Along with helping Allen provide better quotes, the CAD/CAM software enables B.I.C. to now quote complex parts, taking on jobs it rarely would have in the past. The first example of this was an ambulance bed bracket for an existing customer. The aluminum part’s complex features include angles, radii and blend points that would’ve taken prohibitively long to program by hand. “With the software, it was as simple as a couple clicks of the mouse and the complex features were done,” Allen says. Another benefit of programming this part in the CAD/CAM software is that the shop was able to decrease the cycle time and increase the tool life by taking many small passes at a very fast feed rate. B.I.C. has been producing the part for the past five years in batches of 300 to 500 every six months.

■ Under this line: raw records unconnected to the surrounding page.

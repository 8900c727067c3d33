// The controller of a hyperprocess: the state goes in by value, one action is done, and the state comes out.
#![tactic(auto)]

mod rules;
mod same;
pub mod tests;

ghost use Rattle.std.specs.Prelude.{◌≡◌, ◌-◌, set};
ghost use Rattle.ranges.specs.Limits.{most_processes};
ghost use Rattle.controller.specs.State.{start, value_at, record_at, with_record, states_of, all_raised};
ghost use Rattle.controller.specs.Rules.{act_of};
ghost use Rattle.controller.specs.Actions.{action_of};
ghost use Rattle.controller.specs.Same.{same_state};
ghost use Rattle.controller.specs.Seen.{same_seen};

use rules::Parts;

// No value, and no timer: above every number of the coding. It stays a number, and no Option: the promises of
// `compares`, `value_at` and `act` hold of every u32, where an Option would ask more of callers, and values lie in
// arrays of u32 that callers lend.
pub const NONE: u32 = 65536;

// How many variables and how many processes a controller has room for.
const VARIABLES: usize = 32;

const PROCESSES: usize = 8;

// A process: its functional state (0 stop, 1 upward active, 255 err), its action counter (0 past the end of the body)
// and its timer. They are numbers, since `act` promises of any state, also of such as no run reaches.
#[derive(Clone, Copy, PartialEq, Eq, Debug)]
pub struct Process {
    pub state: u16,
    pub action: u16,
    pub timer: u32,
}

// The state: each variable's value, each process's record and the process counter.
#[derive(Clone, Copy, PartialEq, Eq, Debug)]
pub struct Controller {
    pub variables: [u32; VARIABLES],
    pub processes: [Process; PROCESSES],
    pub counter: u16,
}

// An update of a variable: by a number, by another variable, or by its own value plus a number.
#[derive(Clone, Copy, PartialEq, Eq, Debug)]
pub enum Update {
    Constant(u16),
    Copy(u16),
    Add(u16),
}

// An action: the two implied ones, then ops 1 to 12.
#[derive(Clone, Copy, PartialEq, Eq, Debug)]
pub enum Action {
    Skip,
    End,
    Updates(u16, Update),
    Tout(u16),
    Reset,
    StartP(u16),
    StopP(u16),
    Start,
    Set(u16),
    Next,
    Stop,
    Err,
}

// What an action comes to for the turn: the process keeps it, passes it on, or has no rule for the action.
#[derive(Clone, Copy, PartialEq, Eq, Debug)]
pub enum Outcome {
    Stays,
    Passes,
    NoRule,
}

// What a rule makes of the variables, the acting process's record and the record of the other process that the action
// names: the three of `Parts`, each a field of its own, as the definition `rule_of` names them.
#[derive(Clone, Copy, PartialEq, Eq, Debug)]
pub struct Done {
    pub outcome: Outcome,
    pub variables: [u32; VARIABLES],
    pub own: Process,
    pub other: Process,
}

// What one action makes of the whole state.
#[derive(Clone, Copy, PartialEq, Eq, Debug)]
pub struct Acted {
    pub outcome: Outcome,
    pub state: Controller,
}

// The value of variable x; none where there is no such variable.
#[tactic(auto, unfolding(crate::specs::State::value_at))]
pub fn value_at(variables: &[u32], x: u16) -> u32
    ensures { result ≡ value_at variables.now x }
{
    variables.get(usize::from(x)).copied().unwrap_or(NONE)
}

// The place of process i, which is counted from 1.
fn slot(i: u16) -> usize
    ensures { result ≡ i - 1 }
{
    usize::from(i).saturating_sub(1)
}

// The action that the numbers op, x and y code. They are numbers since its promise is on any three, also on such as
// code no action.
#[tactic(auto, unfolding(crate::specs::Actions::action_of))]
pub fn action_of(op: u16, x: u16, y: u16) -> Action
    ensures { result ≡ action_of op x y }
{
    match op {
        1 => Action::Updates(x, Update::Constant(y)),
        2 => Action::Updates(x, Update::Copy(y)),
        3 => Action::Updates(x, Update::Add(y)),
        4 => Action::Tout(x),
        5 => Action::Reset,
        6 => Action::StartP(x),
        7 => Action::StopP(x),
        8 => Action::Start,
        9 => Action::Set(x),
        10 => Action::Next,
        11 => Action::Stop,
        _ => Action::Err,
    }
}

// The state before the first read.
#[tactic(auto, unfolding(crate::specs::State::start))]
pub fn at_start() -> Controller
    ensures { result ≡ start most_processes }
{
    let mut processes = [Process::stopped(); PROCESSES];
    processes[0] = Process::entering(1, 1);
    Controller {
        variables: [NONE; VARIABLES],
        processes,
        counter: 0,
    }
}

impl Controller {
    // The record of process i, from 1; 0 is taken for 1; stopped past the last.
    #[tactic(auto, unfolding(crate::specs::State::record_at))]
    pub fn process(self, i: u16) -> Process
        ensures { result ≡ record_at self.processes i }
    {
        self.processes
            .get(slot(i))
            .copied()
            .unwrap_or(Process::stopped())
    }

    // The state with a record for process i.
    #[tactic(auto, unfolding(crate::specs::State::with_record))]
    fn with_process(self, i: u16, p: Process) -> Controller
        ensures { result ≡ record self { processes = with_record self.processes i p } }
    {
        let mut c = self;
        coding::set_at(&mut c.processes, slot(i), p);
        c
    }

    // One action of process i; `next` is where its body goes on.
    #[tactic(auto, unfolding(crate::specs::Rules::act_of))]
    pub fn act(self, i: u16, action: Action, next: u16) -> Acted
        ensures { result ≡ act_of i action next self }
    {
        let named = rules::named_by(action, i);
        let variables = self.variables;
        let parts = Parts {
            variables,
            own: self.process(i),
            other: self.process(named),
        };
        let done = parts.rule_of(action, next);
        let state = self
            .with_process(named, done.other)
            .with_process(i, done.own);
        let variables = done.variables;
        let counter = rules::counter_after(done.outcome, self.counter);
        Acted {
            outcome: done.outcome,
            state: Controller {
                variables,
                counter,
                ..state
            },
        }
    }

    // The state with every running timer up by 1.
    pub fn raise_timers(self) -> Controller
        ensures { result ≡ record { variables = self.variables; processes = all_raised self.processes; counter = self.counter } }
    {
        let processes = self.processes.map(Process::raised);
        Controller { processes, ..self }
    }

    // The functional states of the processes.
    pub fn states(self) -> [u16; PROCESSES]
        ensures { result ≡ states_of self.processes }
    {
        self.processes.map(|process| process.state)
    }

    // The state with another counter.
    pub fn with_counter(self, counter: u16) -> Controller
        ensures { result ≡ record { variables = self.variables; processes = self.processes; counter = counter } }
    {
        Controller { counter, ..self }
    }

    // Whether two states are the same to tests: in their values and functional states.
    pub fn seen_as(self, other: Controller) -> bool
        ensures { result ≡ same_seen self other }
    {
        same::all_same(&self.variables, &other.variables)
            && same::all_same(&self.states(), &other.states())
    }

    // Whether two states are the same.
    pub fn same_as(self, other: Controller) -> bool
        ensures { result ≡ same_state self other }
    {
        self == other
    }
}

Turning Attention to Swiss-Types

Until recently, the brunt of the shop’s CAM programming effort had been directed at its CNC milling machines. Due to the pandemic, however, the shop has had extra manpower to devote to doing the same for its Swiss-type lathe. According to setup machinist Tony Newsome, B.I.C. originally purchased its Tsugami Swiss-type for a job making a pin-like component for a vending machine, but after running two shifts for six months, the order was finished. The job had paid for the machine, but now it was often sitting idle.

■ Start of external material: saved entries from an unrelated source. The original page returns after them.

// The tests of a table, on what they need of the state.
ghost use Rattle.std.specs.Prelude.{◌≡◌};
ghost use Rattle.controller.specs.Tests.{compares, truth};

use crate::NONE;

// Whether a value is equal to the number b, or else whether it exceeds it. Neither is true of an unset one. `equal` is
// a flag, as the promise has it. It returns early: with `if .. else` here and in the rules a run took longer.
#[tactic(auto, unfolding(crate::specs::Tests::compares))]
pub fn compares(equal: bool, b: u32, value: u32) -> bool
    ensures { result ≡ compares equal b value }
{
    if value == NONE {
        return false;
    }
    if equal {
        return value == b;
    }
    b < value
}

// Whether a test of this kind with this b is true, where variable a has this value and process a is in this state. The
// kind is a number since the promise is on any, also on such as no table has.
#[tactic(auto, unfolding(crate::specs::Tests::truth))]
pub fn holds(kind: u16, b: u16, value: u32, state: u16) -> bool
    ensures { result ≡ truth kind b value state }
{
    if kind == 2 {
        state == b
    } else {
        compares(kind == 0, u32::from(b), value)
    }
}
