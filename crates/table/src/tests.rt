// The second look at a table: kind 2's a and b, which name a process and one of its states.
ghost use Rattle.std.specs.Prelude.{◌≡◌, get_or, Ok};
ghost use Rattle.table.specs.Table.{table_start, state_ok, fine_if, test_says, tests_from};

use crate::Role;
use coding::{Answer, Cause, Source};
use ranges::{Step, Want};

// What the second look says of a number: fine, wrong, or that all the tests are behind.
// An enum of its own: there are three answers, where Option and Result have two.
#[derive(Clone, Copy)]
pub enum Ruling {
    Fine,
    Wrong,
    Behind,
}

fn fine_if(ok: bool) -> Ruling
    ensures { result ≡ fine_if ok }
{
    if ok { Ruling::Fine } else { Ruling::Wrong }
}

// Whether b is stop, err or one of so many active states.
#[tactic(auto, unfolding(crate::specs::Table::state_ok))]
fn state_ok(states: u16, b: u16) -> bool
    ensures { result ≡ state_ok states b }
{
    b == ranges::ERR_STATE || b <= states
}

fn count_at(counts: &[u16], i: u16) -> u16
    ensures { result ≡ get_or counts.now i 0 }
{
    counts.get(usize::from(i)).copied().unwrap_or(0)
}

fn test_says(counts: &[u16], role: Role, v: u16) -> Ruling
    ensures { result ≡ test_says counts.now role v }
{
    match role {
        Role::OfTestA(2) => fine_if(ranges::allowed::between(1, v, count_at(counts, 0))),
        Role::OfTestB(2, a) => fine_if(state_ok(count_at(counts, a), v)),
        Role::ProcessCount | Role::StateCount(_) => Ruling::Behind,
        Role::OfTestA(_) | Role::OfTestB(_, _) | Role::Other => Ruling::Fine,
    }
}

// The tests of a source of which everything else is accepted, with so many numbers.
pub fn second_look<S: Source>(most: u16, counts: &[u16], accepted: usize, source: S) -> Answer
    ensures { result ≡ tests_from most counts.now table_start ((S.places source).code 0) (Ok accepted) }
{
    let mut want = Want::Inputs;
    let mut at: usize = 0;
    // No `for`: where the next number stands shows only when this one is read, so there is no index to range over.
    while let Ok(number) = source.number_at(at) {
        match test_says(counts, crate::role_of(want), number.value) {
            Ruling::Wrong => {
                return Err(Cause::NotAllowed.at(at));
            }
            Ruling::Behind => {
                return Ok(accepted);
            }
            Ruling::Fine => {}
        }
        let Step::More(more) = ranges::advance(most, want, number.value) else {
            return Ok(accepted);
        };
        want = more;
        at = number.next;
    }
    Ok(accepted)
}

Taking a renewed interest in the Swiss, Newsome began to work with Griffin to program jobs in the machine's native CAM software. At the time of Modern Machine Shop’s visit, they were two weeks into the project. Instead of handing the program off and then standing with the machine tool operator to see what will happen, Griffin and Newsome are taking a different approach. They are working together to prove it out before asking the operator to make the first cut. The hope is that this will lead to quicker acceptance of offline programming.

“It’s important for us to do our work properly in the office, that way we can set our machinists up for success.”

“It’s important for us to do our work properly in the office, that way we can set our machinists up for success,” Newsome says.

The jobs they are programming are ones that could be run on other machines, but the goal is for the Swiss to help combine operations and eliminate the need for deburring. By doing so, Newsome hopes to demonstrate the possibilities of the Swiss-type machine, eventually moving beyond the free programming software to find a CAM solution that enables still more complex work on this machine as well.